== Problem description ==
Print, in exact form, the lines below from the one containing "if let Ok(len)" through the one containing "fn report_calls(calls: &[Call], answer: &mut", and omit all others.

== Information provided ==
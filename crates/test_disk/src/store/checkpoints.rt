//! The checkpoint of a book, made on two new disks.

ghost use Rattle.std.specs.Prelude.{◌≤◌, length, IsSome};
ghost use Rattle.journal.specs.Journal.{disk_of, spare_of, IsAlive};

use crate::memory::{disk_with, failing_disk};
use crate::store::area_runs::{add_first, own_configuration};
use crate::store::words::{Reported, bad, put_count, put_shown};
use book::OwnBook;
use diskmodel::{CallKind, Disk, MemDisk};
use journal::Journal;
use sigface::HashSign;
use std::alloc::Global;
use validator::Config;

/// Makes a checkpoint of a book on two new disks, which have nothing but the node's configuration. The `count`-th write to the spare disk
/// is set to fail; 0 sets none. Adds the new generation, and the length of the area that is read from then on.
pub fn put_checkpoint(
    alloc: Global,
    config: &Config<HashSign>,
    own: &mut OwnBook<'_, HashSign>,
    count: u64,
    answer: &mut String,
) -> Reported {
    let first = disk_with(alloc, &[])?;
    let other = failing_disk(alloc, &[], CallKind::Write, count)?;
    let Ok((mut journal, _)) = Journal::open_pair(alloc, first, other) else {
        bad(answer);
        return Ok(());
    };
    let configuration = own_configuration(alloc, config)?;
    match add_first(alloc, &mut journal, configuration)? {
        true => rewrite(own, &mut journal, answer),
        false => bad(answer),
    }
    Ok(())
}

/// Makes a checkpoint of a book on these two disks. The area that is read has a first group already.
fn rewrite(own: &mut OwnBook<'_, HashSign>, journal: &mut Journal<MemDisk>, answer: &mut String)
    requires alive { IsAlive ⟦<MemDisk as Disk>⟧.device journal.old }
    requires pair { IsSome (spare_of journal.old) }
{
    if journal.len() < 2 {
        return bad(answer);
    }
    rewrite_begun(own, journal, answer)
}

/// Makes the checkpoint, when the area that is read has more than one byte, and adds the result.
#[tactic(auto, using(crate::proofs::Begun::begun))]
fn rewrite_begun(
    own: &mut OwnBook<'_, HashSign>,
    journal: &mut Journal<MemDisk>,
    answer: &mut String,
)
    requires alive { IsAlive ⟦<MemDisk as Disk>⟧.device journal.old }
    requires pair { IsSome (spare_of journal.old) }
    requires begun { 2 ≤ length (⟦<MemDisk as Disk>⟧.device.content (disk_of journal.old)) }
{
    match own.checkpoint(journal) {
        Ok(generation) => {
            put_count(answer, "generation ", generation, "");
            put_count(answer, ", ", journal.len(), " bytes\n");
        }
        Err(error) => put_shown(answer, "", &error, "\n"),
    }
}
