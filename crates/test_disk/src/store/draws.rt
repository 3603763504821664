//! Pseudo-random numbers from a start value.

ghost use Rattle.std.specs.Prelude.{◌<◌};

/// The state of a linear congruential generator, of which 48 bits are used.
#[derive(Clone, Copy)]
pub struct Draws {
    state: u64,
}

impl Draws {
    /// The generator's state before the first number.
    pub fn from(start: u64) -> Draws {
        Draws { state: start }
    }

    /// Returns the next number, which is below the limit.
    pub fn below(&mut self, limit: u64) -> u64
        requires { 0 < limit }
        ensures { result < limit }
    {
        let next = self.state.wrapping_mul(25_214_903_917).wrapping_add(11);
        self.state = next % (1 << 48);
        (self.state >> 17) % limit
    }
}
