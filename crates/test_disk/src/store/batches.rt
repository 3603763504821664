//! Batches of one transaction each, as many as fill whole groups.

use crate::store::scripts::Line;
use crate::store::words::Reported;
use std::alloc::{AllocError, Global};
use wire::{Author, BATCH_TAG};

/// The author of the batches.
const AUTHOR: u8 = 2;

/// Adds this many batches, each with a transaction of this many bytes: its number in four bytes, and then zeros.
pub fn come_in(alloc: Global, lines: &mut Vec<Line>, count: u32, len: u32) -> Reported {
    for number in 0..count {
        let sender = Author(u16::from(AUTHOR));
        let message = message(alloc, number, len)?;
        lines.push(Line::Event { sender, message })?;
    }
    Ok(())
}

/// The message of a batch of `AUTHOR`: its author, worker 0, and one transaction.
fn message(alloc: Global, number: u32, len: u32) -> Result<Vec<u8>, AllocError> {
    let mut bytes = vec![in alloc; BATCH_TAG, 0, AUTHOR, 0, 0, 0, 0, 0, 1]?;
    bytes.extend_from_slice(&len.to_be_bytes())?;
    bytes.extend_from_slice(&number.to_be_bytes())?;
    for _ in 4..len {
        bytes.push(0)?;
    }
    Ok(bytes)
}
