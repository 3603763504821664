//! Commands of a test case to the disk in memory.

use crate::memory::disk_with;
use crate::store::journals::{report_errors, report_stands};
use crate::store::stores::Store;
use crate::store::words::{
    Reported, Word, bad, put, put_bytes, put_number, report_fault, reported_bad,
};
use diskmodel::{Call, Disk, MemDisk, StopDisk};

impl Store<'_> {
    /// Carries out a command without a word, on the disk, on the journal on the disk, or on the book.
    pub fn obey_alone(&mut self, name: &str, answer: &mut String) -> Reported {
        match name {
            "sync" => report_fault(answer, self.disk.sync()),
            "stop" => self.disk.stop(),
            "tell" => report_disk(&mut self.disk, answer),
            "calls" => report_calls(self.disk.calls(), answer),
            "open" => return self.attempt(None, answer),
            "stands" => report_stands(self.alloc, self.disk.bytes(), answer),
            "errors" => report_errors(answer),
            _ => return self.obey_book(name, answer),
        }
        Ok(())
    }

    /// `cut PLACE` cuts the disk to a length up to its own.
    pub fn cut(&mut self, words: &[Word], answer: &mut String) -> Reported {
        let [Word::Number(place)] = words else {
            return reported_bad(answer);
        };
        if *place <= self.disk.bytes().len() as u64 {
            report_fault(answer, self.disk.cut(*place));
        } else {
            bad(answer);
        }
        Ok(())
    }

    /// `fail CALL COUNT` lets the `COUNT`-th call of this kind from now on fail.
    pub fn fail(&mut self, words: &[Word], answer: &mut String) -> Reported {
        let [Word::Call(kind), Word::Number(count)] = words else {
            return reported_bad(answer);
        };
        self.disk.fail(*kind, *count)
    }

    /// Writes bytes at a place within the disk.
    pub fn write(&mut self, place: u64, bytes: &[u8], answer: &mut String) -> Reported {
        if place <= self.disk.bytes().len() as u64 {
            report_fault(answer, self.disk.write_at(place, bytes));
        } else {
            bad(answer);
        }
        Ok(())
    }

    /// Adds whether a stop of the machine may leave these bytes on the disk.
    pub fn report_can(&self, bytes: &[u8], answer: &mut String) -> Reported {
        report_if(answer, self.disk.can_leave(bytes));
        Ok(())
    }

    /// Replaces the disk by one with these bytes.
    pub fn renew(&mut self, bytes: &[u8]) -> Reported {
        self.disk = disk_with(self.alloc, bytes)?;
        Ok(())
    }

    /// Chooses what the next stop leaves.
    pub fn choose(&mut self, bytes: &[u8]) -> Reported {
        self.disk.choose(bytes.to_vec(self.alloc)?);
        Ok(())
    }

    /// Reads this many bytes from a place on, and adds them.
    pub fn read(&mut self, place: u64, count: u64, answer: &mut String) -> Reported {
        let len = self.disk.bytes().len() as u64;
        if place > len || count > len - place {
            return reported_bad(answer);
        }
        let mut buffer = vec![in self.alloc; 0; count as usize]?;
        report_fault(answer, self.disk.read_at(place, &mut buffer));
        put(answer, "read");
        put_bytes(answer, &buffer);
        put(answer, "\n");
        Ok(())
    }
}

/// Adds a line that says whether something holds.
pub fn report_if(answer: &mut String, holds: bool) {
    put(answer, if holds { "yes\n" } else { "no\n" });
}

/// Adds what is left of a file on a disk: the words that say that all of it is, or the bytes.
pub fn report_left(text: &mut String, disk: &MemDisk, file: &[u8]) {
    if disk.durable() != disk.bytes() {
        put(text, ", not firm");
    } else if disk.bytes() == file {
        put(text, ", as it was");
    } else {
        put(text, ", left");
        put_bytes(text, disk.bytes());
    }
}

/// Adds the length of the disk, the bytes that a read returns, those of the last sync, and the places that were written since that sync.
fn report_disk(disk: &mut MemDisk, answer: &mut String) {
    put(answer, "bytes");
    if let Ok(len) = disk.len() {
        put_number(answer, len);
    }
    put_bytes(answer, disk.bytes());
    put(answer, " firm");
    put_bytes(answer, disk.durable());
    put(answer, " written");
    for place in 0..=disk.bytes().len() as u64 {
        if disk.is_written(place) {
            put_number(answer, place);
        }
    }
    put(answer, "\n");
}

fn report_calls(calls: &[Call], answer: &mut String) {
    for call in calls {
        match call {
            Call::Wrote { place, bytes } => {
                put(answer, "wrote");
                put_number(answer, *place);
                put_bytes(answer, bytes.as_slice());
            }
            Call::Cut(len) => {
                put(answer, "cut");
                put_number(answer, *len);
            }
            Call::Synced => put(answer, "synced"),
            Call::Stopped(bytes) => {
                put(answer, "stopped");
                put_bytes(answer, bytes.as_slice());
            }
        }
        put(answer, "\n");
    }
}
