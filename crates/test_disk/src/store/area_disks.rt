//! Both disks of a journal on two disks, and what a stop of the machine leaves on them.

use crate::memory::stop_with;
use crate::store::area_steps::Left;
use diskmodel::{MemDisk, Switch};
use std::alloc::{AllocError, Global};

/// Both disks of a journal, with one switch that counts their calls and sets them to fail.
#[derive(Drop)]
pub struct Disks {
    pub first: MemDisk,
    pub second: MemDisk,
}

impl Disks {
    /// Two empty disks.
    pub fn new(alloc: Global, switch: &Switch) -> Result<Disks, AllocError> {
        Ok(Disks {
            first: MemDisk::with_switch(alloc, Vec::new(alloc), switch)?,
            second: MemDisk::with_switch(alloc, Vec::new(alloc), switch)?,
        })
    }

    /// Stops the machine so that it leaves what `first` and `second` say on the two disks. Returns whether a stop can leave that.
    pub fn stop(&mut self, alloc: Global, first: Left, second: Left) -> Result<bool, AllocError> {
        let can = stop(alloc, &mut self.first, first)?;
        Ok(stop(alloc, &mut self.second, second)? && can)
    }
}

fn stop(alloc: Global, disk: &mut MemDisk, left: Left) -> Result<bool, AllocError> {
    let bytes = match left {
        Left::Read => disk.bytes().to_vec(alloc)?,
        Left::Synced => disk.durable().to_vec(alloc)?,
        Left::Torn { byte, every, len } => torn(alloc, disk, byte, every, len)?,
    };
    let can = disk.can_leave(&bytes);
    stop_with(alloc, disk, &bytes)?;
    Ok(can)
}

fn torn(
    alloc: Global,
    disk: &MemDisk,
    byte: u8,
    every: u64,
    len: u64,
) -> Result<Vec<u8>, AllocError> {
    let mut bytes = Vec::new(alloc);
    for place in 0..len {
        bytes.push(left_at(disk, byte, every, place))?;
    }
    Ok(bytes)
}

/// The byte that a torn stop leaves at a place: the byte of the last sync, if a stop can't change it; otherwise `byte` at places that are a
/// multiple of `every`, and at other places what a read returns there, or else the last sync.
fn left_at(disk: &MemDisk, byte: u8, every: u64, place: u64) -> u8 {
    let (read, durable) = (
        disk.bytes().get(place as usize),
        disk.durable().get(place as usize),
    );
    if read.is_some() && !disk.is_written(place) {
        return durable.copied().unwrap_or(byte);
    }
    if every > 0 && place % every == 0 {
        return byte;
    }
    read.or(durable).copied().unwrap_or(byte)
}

== Result of this exercise ==
    if let Ok(len) = disk.len() {
        put_number(answer, len);
    }
    put_bytes(answer, disk.bytes());
    put(answer, " firm");
    put_bytes(answer, disk.durable());
    put(answer, " written");
    for place in 0..=disk.bytes().len() as u64 {
        if disk.is_written(place) {
            put_number(answer, place);
        }
    }
    put(answer, "\n");
}

fn report_calls(calls: &[Call], answer: &mut String) {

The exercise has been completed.